Moreover, attackers have no guarantee of success. For example, in PoS networks, malicious actors' assets may be slashed (partially or fully confiscated) as a penalty.
Modern blockchains also employ advanced Sybil defense mechanisms, such as Zero-Knowledge (ZK) proofs, which verify node legitimacy without revealing identity, and social graphs, which visually map network relationships.
A well-known example is Worldcoin, which uses ZK technology to prove the "humanness" of nodes. Its consensus mechanism, Proof-of-Humanity (PoH), verifies users and validators through biometric data without revealing identities, storing the proof immutably in a smart contract.

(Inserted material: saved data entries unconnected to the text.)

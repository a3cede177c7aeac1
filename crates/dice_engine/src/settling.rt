//! When a promise is settled, and when it is not, as contracts. None of these functions does any
//! work.
ghost use Rattle.std.specs.Prelude.{◌≡◌, ◌↔◌, ◌⊎◌, ◌+◌, ◌++◌, ℕ, List};
ghost use Rattle.std.specs.Arc.{arc_value};
ghost use Rattle.journal.specs.declared.event.Told.{Told};
ghost use Rattle.dice_core.specs.Cores.{CoreSeen, ToNothing, Pending, events_of, poll_of};
ghost use Rattle.dice_engine.specs.Seats.{SeatView};
ghost use Rattle.dice_engine.specs.Turns.{left_of};
ghost use Rattle.dice_engine.specs.Calls.{Closes, Leaves};
ghost use Rattle.dice_engine.specs.Replies.{Reply, TheValue, TheCycle, NoRoom, NotYet, IsReply, IsLiveIn};
ghost use Rattle.dice_engine.specs.Doings.{TellsOfCore};
ghost use Rattle.dice_engine.specs.Leaving.{DecidesNothing};

use crate::promise::Promise;
use dice_key::{Universe, laws_of};

/// If no task is ready and no job is out, nothing hangs: a live ask is answered by a value or a
/// cycle, or its key was lost, or memory was refused.
pub fn nothing_hangs<U: Universe>()
    ensures { (J : List (Told U.Key U.Value)) (v : ℕ) (k : U.Key) (ask : ℕ) (left : ℕ × ℕ × ℕ)
        (r : Reply U.Key U.Value) → IsReply U.Key.eq U.meaning J v k ask left r → IsLiveIn J ask
        → left.0 ≡ 0 → left.1 ≡ 0
        → ((x : U.Value) × (r ≡ TheValue x)) ⊎ ((p : List U.Key) × (r ≡ TheCycle p))
        ⊎ (r ≡ NoRoom) }
{}

/// A live ask is pending if and only if its key is so in the core that the turn left, of which the
/// seat sees the journal and the counts; and if the key was lost there, the answer is `NoMemory`.
pub fn pending_is_exact<U: Universe>(promise: &Promise<U>)
    ensures { (r : Reply U.Key U.Value) (s u : SeatView (Told U.Key U.Value))
        → TellsOfCore U.Key.eq U.meaning promise.now r s u → IsLiveIn u.seen promise.now.ask
        → (c : CoreSeen U.Key U.Value) × (events_of c ≡ u.seen) × (left_of u.left.2 c ≡ u.left)
        × (u.turns ≡ s.turns + 1)
        × ((r ≡ NotYet)
        ↔ (poll_of U.Key.eq U.meaning c promise.now.version (arc_value promise.now.key) ≡ Pending))
        × (poll_of U.Key.eq U.meaning c promise.now.version (arc_value promise.now.key) ≡ ToNothing
        → r ≡ NoRoom) }
{
    laws_of::<U>();
    let _ = promise;
}

/// By a Close or a Leave, and by the drops after it, no key is decided and none is lost; and
/// whoever asks then asked before.
pub fn leaving_decides_nothing<U: Universe>()
    ensures close { (J I own work : List (Told U.Key U.Value)) (n t v : ℕ) → Closes n t v own work
        → I ≡ J ++ (own ++ work) → DecidesNothing U.Key.eq J I }
    ensures leave { (J I own work : List (Told U.Key U.Value)) (n ask t v : ℕ)
        → Leaves n ask t v J own work → I ≡ J ++ (own ++ work) → DecidesNothing U.Key.eq J I }
{}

Additional defenses include reputation systems and node-scoring models, in which node credibility is tied to its contributions to its ecosystem.
Blockchain protocols can also combine multiple layers of protection. For example, social graphs can highlight malicious nodes — "honest" nodes tend to have diverse connections, while Sybil clusters are isolated and interconnected mainly among themselves.
Alternative consensus models, such as Proof-of-Social-Capital (PoSC), assess node reputation based on social and ecosystem activity.
KYC (Know Your Customer) verification can also help prevent Sybil attacks, though it contradicts blockchain's principles of anonymity. Still, it can enhance network trust.
Another alternative is token gating, where governance access is granted only to holders of specific tokens or NFTs — forming an additional barrier against Sybil attacks.